# Does general covariance really imply that there is no conserved stress energy tensor in gravity?

There are many questions on this website which ask similar questions to this, but none I have found have asked this exact question.

First, a bit of history on the origin of Noether's theorem. David Hilbert was very confused as to the nature of energy conservation in general relativity. Confused notions of energy conservation being a constraint on a possible theory led to the creation of Gustav Mie's (now long forgotten) competitor theory of gravitation and electromagnetism (known to some as the "Mie Theory," crazy stuff, look it up.) When it became clear that Einstein was right, and energy conservation seemed to be trivial in theory due to the Bianchi identity ($$\nabla_\mu G^{\mu \nu} = 0 \implies \nabla_{\mu} T^{\mu \nu} = 0$$) Hilbert asked Emmy Noether, a mathematician he held in high regard, to see if she could figure out why energy conservation seemed trivial. Three years later she had proven what we now call Noether's first and second theorems and reported her results in her famous paper.

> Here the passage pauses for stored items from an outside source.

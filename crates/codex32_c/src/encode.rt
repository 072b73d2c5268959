//! Makes codex32 strings of bytes, or the characters of a payload.

ghost use Rattle.std.specs.Prelude.{◌≡◌, ◌≢◌, length};
ghost use Rattle.codex32_calls.specs.Encode.{CanEncode, IsEncodeStringFault, PutsEncoded};
ghost use Rattle.codex32_calls.specs.Faults.{IsNumberOfCodex32};
ghost use Rattle.codex32_calls.specs.Payload.{CanEncodePayload, IsEncodePayloadFault, PutsEncodedPayload};

use codex32_calls::encode::{put_encoded, put_encoded_payload};

/// See `codex32_encode` in `include/codex32.h`.
#[unsafe(no_mangle)]
pub extern "C" fn codex32_encode(
    threshold: u32,
    identifier: &[u8],
    share_index: u32,
    bytes: &[u8],
    text: &mut [u8],
    text_length: &mut usize,
) -> u32
    ensures value { result ≡ 0
        → PutsEncoded threshold identifier.now share_index bytes.now text.old text.new
        text_length.new }
    ensures accepts { CanEncode threshold identifier.now share_index bytes.now (length text.old)
        → result ≡ 0 }
    ensures refused { result ≢ 0
        → IsNumberOfCodex32
        (IsEncodeStringFault threshold identifier.now share_index bytes.now (length text.old))
        result }
    ensures same { result ≢ 0 → (text.new ≡ text.old) × (text_length.new ≡ text_length.old) }
{
    match put_encoded(threshold, identifier, share_index, bytes, text) {
        Ok(count) => {
            *text_length = count;
            0
        }
        Err(refusal) => refusal.number(),
    }
}

/// See `codex32_encode_payload` in `include/codex32.h`.
#[unsafe(no_mangle)]
pub extern "C" fn codex32_encode_payload(
    threshold: u32,
    identifier: &[u8],
    share_index: u32,
    payload: &[u8],
    text: &mut [u8],
    text_length: &mut usize,
) -> u32
    ensures value { result ≡ 0
        → PutsEncodedPayload threshold identifier.now share_index payload.now text.old text.new
        text_length.new }
    ensures accepts { CanEncodePayload threshold identifier.now share_index payload.now
        (length text.old) → result ≡ 0 }
    ensures refused { result ≢ 0
        → IsNumberOfCodex32
        (IsEncodePayloadFault threshold identifier.now share_index payload.now (length text.old))
        result }
    ensures same { result ≢ 0 → (text.new ≡ text.old) × (text_length.new ≡ text_length.old) }
{
    match put_encoded_payload(threshold, identifier, share_index, payload, text) {
        Ok(count) => {
            *text_length = count;
            0
        }
        Err(refusal) => refusal.number(),
    }
}
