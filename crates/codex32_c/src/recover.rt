//! Recovers secrets from shares.

ghost use Rattle.std.specs.Prelude.{◌≡◌, ◌≢◌, length};
ghost use Rattle.codex32_calls.specs.Faults.{IsNumberOfCodex32};
ghost use Rattle.codex32_calls.specs.Recover.{CanRecover, IsRecoverFault, PutsRecovered};

use codex32_calls::Texts;
use codex32_calls::recover::put_recovered;

/// See `codex32_recover` in `include/codex32.h`.
#[unsafe(no_mangle)]
pub extern "C" fn codex32_recover(
    texts: &[u8],
    lengths: &[usize],
    bytes: &mut [u8],
    bytes_length: &mut usize,
) -> u32
    ensures value { result ≡ 0
        → PutsRecovered texts.now lengths.now bytes.old bytes.new bytes_length.new }
    ensures accepts { CanRecover texts.now lengths.now (length bytes.old) → result ≡ 0 }
    ensures refused { result ≢ 0
        → IsNumberOfCodex32 (IsRecoverFault texts.now lengths.now (length bytes.old)) result }
    ensures same { result ≢ 0
        → (bytes.new ≡ bytes.old) × (bytes_length.new ≡ bytes_length.old) }
{
    let texts = Texts {
        characters: texts,
        lengths,
    };
    match put_recovered(texts, bytes) {
        Ok(count) => {
            *bytes_length = count;
            0
        }
        Err(refusal) => refusal.number(),
    }
}
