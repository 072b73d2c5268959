//! Says in words what a number means.

ghost use Rattle.bech32_numbers.specs.Message.{IsMessage};
ghost use Rattle.bech32_numbers.specs.Sentences.{codex32_sentence};

use bech32_numbers::{codex32_sentence_of, put_sentence};

/// See `codex32_message` in `include/codex32.h`.
#[unsafe(no_mangle)]
pub extern "C" fn codex32_message(
    number: u32,
    message: &mut [u8],
    message_length: &mut usize,
) -> u32
    ensures { IsMessage (codex32_sentence number) message.old message.new
        message_length.old message_length.new result }
{
    put_sentence(codex32_sentence_of(number), message, message_length)
}
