//! Splits secrets into shares.

ghost use Rattle.std.specs.Prelude.{◌≡◌, ◌≢◌, length};
ghost use Rattle.codex32_calls.specs.Faults.{IsNumberOfCodex32};
ghost use Rattle.codex32_calls.specs.Split.{CanSplit, IsSplitFault, PutsSplit};

use codex32_calls::split::put_split;

/// See `codex32_split` in `include/codex32.h`.
#[unsafe(no_mangle)]
pub extern "C" fn codex32_split(
    threshold: u32,
    identifier: &[u8],
    secret: &[u8],
    random: &[u8],
    count: usize,
    texts: &mut [u8],
    text_length: &mut usize,
) -> u32
    ensures value { result ≡ 0
        → PutsSplit threshold identifier.now secret.now random.now count texts.old texts.new
        text_length.new }
    ensures accepts { CanSplit threshold identifier.now secret.now random.now count
        (length texts.old) → result ≡ 0 }
    ensures refused { result ≢ 0
        → IsNumberOfCodex32
        (IsSplitFault threshold identifier.now secret.now random.now count (length texts.old))
        result }
    ensures same { result ≢ 0
        → (texts.new ≡ texts.old) × (text_length.new ≡ text_length.old) }
{
    match put_split(texts, threshold, identifier, secret, count, random) {
        Ok(length) => {
            *text_length = length;
            0
        }
        Err(refusal) => refusal.number(),
    }
}
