//! Reads codex32 strings.

ghost use Rattle.std.specs.Prelude.{◌≡◌, ◌≢◌};
ghost use Rattle.codex32.specs.Strings.{IsCodex32};
ghost use Rattle.codex32_calls.specs.Faults.{IsNumberOfCodex32};
ghost use Rattle.codex32_calls.specs.Parse.{IsParseFault, IsParsedString};

use codex32_calls::parse::parts_of;

/// See `codex32_parse` in `include/codex32.h`.
#[unsafe(no_mangle)]
pub extern "C" fn codex32_parse(
    text: &[u8],
    threshold: &mut u32,
    share_index: &mut u32,
    payload_length: &mut usize,
) -> u32
    ensures value { result ≡ 0
        → IsParsedString text.now threshold.new share_index.new payload_length.new }
    ensures accepts { IsCodex32 text.now → result ≡ 0 }
    ensures refused { result ≢ 0 → IsNumberOfCodex32 (IsParseFault text.now) result }
    ensures same { result ≢ 0
        → (threshold.new ≡ threshold.old) × (share_index.new ≡ share_index.old)
        × (payload_length.new ≡ payload_length.old) }
{
    match parts_of(text) {
        Ok(string) => {
            *threshold = string.threshold;
            *share_index = string.share_index;
            *payload_length = string.payload_length;
            0
        }
        Err(refusal) => refusal.number(),
    }
}
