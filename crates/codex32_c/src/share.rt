//! Reads codex32 strings of either length.

ghost use Rattle.std.specs.Prelude.{◌≡◌, ◌≢◌, length};
ghost use Rattle.codex32_calls.specs.Faults.{IsNumberOfCodex32};
ghost use Rattle.codex32_calls.specs.Share.{CanReadShare, IsShareFault, PutsShare};

use codex32_calls::share::{characters_of, put_payload};

/// See `codex32_share` in `include/codex32.h`.
#[unsafe(no_mangle)]
pub extern "C" fn codex32_share(
    text: &[u8],
    threshold: &mut u32,
    identifier: &mut [u8; 4],
    share_index: &mut u32,
    bytes: &mut [u8],
    bytes_length: &mut usize,
) -> u32
    ensures value { result ≡ 0
        → PutsShare text.now threshold.new identifier.new share_index.new
        bytes.old bytes.new bytes_length.new }
    ensures accepts { CanReadShare text.now (length bytes.old) → result ≡ 0 }
    ensures refused { result ≢ 0
        → IsNumberOfCodex32 (IsShareFault text.now (length bytes.old)) result }
    ensures same { result ≢ 0
        → (threshold.new ≡ threshold.old) × (identifier.new ≡ identifier.old)
        × (share_index.new ≡ share_index.old) × (bytes.new ≡ bytes.old)
        × (bytes_length.new ≡ bytes_length.old) }
{
    match put_payload(text, bytes) {
        Ok((header, count)) => {
            *threshold = u32::from(header.threshold().number());
            *identifier = characters_of(header.identifier());
            *share_index = u32::from(header.share_index().to_char());
            *bytes_length = count;
            0
        }
        Err(refusal) => refusal.number(),
    }
}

Noether's first theorem states that every symmetry of an action gives a conserved quantity. Noether's second theorem states that every gauge symmetry of an action gives a "constraint" on the equations of motion, i.e. an off shell relationship involving the Euler Lagrange equations that vanish identitcally. (In other words, the equations of motion are not unique, which allows for multiple solutions to solve the equations of motion given some initial condition (which could have been guessed beforehand because, well, that's what gauge symmetries do.))

Funnily enough, Noether's first theorem, usually just called "Noether's theorem" now, has received universal acclaim in our field while Noether's second theorem is unknown to most. However, historically, it was Noether's second theorem which was more relevant to Hilbert's question and more important to the task at hand.

Anyway, Hilbert was absolutely delighted with her results. The conclusion which was drawn from these theorems, in their relation to general relativity was

1. Usually in physics, global symmetries give conservation laws. Space/time translations usually give conservation of momentum/energy.
2. However, the action for general relativity contains no global symmetries.* It only contains the gauge symmetry of general covariance. And, in fact, the off-shell identity given by Noether's second theorem among the equations of motion is exactly the Bianchi identity $$\nabla_\mu G^{\mu \nu}$$.
3. Therefore, energy conservation is trivial in general relativity because of general covariance!

I have seen this statement, that general covariance forbids the existence of a non trivial conserved stress energy tensor, multiple times in the literature and in my education. Recently I saw if mentioned in the opening pages of these (very good) lectures by Compère and Fiorucci :

"Then we will enter into the main point we have to discuss, and motivate why we cannot define conserved currents and charges in Noether’s fashion for generally covariant theories" However, even though I can appreciate the logic I outlined in three steps, I think there there is something minor wrong with it. Indeed, in those lectures, I do not really see the authors proving a statement akin to the claimed "general covariance $$\implies$$ no conserved currents."

My issue comes down to this. Stress energy tensors are defined as $$T^{\mu \nu} = \frac{2}{\sqrt{-g}} \frac{\delta \mathcal{L}}{\delta g_{\mu \nu}}.$$ However, for any theory of gravity, for which $$\mathcal{L}$$ will be some function of the the metric $$g_{\mu \nu}$$ (maybe the Einstein-Hilbert action, maybe something else) we will have $$T^{\mu \nu} = 0$$ trivially just from the Euler Lagrange equation for $$\delta g_{\mu \nu}$$. So I would say that the stress energy tensor in gravity is trivial just because gravity is a theory of the metric, end of story. Meanwhile, general covariance is a property shared by many theories. It is not a special property at all. The Klein Gordon scalar field is generally covariant. However, it has a non trivial stress energy tensor anyway.

I sort of think I'm right here, I just want to see if anyone has any points to add or takes issue with my logic.

*As an aside, is it possible to rigorously prove that there are no global symmetries in the Einstein Hilbert action? I certainly can't think of one, but maybe there is a very obscure one no one has thought of.